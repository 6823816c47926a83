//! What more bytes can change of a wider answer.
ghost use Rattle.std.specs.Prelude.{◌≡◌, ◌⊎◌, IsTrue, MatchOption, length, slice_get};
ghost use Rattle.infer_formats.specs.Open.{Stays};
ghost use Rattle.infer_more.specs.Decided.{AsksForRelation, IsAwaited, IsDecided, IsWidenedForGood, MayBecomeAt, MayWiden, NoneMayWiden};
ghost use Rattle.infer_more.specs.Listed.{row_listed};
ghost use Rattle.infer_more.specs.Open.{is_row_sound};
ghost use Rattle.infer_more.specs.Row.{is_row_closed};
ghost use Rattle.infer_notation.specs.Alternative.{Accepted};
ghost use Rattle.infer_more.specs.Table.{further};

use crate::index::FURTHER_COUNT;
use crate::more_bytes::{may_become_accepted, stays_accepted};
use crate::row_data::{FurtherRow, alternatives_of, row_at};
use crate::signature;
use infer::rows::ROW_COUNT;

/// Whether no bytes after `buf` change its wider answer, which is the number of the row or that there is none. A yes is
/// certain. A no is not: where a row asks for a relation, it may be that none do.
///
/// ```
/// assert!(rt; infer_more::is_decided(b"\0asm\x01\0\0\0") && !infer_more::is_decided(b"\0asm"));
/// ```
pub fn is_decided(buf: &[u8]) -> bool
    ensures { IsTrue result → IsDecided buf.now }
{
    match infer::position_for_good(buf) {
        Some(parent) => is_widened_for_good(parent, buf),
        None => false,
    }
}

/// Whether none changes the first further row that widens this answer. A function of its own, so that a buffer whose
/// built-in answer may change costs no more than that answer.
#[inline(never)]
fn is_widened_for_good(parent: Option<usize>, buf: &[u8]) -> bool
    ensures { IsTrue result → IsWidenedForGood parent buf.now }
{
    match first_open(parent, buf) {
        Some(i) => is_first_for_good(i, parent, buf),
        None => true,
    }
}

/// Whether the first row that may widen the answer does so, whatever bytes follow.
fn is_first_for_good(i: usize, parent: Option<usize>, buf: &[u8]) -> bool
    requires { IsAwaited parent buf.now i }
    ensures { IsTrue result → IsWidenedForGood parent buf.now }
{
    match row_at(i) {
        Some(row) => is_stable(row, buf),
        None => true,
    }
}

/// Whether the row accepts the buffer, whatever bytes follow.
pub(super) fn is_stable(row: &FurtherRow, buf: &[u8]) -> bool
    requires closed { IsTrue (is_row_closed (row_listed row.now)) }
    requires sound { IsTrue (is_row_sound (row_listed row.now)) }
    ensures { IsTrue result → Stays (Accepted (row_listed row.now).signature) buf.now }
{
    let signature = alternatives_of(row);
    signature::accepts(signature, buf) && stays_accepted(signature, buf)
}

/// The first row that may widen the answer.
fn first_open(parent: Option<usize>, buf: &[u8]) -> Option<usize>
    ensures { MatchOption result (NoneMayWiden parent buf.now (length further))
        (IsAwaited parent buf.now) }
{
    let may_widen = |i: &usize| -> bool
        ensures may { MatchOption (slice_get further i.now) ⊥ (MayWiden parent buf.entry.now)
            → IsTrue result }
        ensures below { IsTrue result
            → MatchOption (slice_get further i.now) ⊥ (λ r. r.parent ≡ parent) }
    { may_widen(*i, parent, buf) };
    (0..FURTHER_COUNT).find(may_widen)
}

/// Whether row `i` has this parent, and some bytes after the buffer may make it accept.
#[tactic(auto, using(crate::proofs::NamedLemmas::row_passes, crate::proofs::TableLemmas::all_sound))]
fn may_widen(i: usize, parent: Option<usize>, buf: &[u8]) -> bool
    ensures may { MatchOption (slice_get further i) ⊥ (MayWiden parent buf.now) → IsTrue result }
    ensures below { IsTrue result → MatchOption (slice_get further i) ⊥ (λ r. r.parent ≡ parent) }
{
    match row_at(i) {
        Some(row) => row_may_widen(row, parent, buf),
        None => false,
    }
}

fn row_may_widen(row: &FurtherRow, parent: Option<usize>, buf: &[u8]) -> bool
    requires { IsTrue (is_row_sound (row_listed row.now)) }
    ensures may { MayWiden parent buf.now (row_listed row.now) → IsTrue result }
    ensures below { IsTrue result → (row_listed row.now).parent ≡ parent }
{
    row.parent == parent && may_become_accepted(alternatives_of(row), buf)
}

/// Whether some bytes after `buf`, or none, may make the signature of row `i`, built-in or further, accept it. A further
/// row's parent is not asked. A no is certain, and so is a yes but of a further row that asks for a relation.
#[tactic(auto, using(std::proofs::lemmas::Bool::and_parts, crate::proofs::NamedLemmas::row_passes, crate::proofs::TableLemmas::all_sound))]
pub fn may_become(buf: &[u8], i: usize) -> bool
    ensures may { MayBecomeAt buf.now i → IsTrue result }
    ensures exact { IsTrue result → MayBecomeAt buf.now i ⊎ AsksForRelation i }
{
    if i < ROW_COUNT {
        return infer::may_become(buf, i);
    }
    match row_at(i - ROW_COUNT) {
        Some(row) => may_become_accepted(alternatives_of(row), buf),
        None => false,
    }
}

..............................

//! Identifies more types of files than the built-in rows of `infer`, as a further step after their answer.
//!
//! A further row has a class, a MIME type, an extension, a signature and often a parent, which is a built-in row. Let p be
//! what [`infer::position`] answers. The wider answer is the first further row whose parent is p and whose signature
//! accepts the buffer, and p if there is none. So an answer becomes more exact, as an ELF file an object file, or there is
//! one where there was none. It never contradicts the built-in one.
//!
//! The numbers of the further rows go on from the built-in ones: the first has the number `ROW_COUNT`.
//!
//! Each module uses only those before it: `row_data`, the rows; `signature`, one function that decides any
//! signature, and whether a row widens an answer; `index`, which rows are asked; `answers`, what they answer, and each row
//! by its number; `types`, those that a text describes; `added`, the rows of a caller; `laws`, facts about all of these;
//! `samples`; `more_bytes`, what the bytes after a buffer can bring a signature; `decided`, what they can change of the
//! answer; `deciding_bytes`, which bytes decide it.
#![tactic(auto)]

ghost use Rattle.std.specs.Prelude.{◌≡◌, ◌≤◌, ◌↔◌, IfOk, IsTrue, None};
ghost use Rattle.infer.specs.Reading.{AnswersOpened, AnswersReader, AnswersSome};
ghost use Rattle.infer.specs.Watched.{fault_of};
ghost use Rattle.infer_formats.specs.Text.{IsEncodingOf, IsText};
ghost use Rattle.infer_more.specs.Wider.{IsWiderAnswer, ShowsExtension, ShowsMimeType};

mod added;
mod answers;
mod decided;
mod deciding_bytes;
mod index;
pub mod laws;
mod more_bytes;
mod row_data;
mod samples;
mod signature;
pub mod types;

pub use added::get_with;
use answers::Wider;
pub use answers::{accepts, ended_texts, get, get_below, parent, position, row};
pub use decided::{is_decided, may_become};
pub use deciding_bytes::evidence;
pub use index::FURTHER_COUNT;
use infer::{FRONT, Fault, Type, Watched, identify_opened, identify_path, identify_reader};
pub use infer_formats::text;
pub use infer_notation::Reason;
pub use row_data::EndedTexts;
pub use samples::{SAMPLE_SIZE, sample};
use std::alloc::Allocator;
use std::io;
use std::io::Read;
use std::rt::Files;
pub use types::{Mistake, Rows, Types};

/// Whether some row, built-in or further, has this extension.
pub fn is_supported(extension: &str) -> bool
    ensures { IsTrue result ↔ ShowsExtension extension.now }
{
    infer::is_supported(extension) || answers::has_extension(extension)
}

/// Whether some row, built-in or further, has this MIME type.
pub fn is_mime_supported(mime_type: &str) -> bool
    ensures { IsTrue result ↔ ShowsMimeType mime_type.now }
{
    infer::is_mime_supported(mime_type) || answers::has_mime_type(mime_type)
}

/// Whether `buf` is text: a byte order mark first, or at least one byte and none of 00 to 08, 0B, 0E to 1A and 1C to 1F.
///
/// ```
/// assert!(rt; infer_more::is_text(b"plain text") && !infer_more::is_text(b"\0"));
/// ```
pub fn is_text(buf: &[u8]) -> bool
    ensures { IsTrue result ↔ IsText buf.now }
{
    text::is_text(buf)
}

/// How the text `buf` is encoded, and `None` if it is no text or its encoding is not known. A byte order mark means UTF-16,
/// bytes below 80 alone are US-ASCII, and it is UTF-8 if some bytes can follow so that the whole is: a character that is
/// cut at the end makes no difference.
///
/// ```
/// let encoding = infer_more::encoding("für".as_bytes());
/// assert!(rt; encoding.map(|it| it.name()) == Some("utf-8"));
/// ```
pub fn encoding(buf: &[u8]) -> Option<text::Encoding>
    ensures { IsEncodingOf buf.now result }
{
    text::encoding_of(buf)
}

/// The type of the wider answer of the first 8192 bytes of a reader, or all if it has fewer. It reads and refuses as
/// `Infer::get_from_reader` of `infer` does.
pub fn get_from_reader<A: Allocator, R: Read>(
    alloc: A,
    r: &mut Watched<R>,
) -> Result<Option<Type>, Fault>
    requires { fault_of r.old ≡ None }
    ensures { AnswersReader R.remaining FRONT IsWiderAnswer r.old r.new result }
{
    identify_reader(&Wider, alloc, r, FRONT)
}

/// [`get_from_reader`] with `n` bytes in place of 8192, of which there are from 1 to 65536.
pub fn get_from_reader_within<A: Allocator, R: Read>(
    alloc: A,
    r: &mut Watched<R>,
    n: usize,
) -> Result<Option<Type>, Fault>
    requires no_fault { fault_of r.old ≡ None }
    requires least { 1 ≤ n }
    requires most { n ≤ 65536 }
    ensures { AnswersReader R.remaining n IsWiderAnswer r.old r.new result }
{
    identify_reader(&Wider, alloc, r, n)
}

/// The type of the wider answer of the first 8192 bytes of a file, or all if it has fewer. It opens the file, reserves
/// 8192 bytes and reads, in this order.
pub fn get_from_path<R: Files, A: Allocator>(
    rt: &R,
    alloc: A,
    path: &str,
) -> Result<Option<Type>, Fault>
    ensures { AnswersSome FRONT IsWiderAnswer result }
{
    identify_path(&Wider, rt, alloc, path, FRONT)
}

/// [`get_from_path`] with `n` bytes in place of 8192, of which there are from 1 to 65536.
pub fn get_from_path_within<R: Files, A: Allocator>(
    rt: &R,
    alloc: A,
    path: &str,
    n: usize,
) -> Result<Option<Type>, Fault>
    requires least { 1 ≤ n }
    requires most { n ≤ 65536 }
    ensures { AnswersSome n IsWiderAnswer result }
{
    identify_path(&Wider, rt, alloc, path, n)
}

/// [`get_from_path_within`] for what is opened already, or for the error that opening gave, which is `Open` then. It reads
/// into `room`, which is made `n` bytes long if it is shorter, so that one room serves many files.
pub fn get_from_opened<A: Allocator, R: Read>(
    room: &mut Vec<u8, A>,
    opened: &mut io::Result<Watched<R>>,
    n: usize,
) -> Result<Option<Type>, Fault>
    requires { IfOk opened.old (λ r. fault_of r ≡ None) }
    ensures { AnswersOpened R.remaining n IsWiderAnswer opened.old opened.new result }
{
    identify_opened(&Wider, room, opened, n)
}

..............................

◆ **Task objective**: How many lines of the listing above contain the string "ShowsExtension"? Only the number is wanted.

◆ **Exercise solution**: 2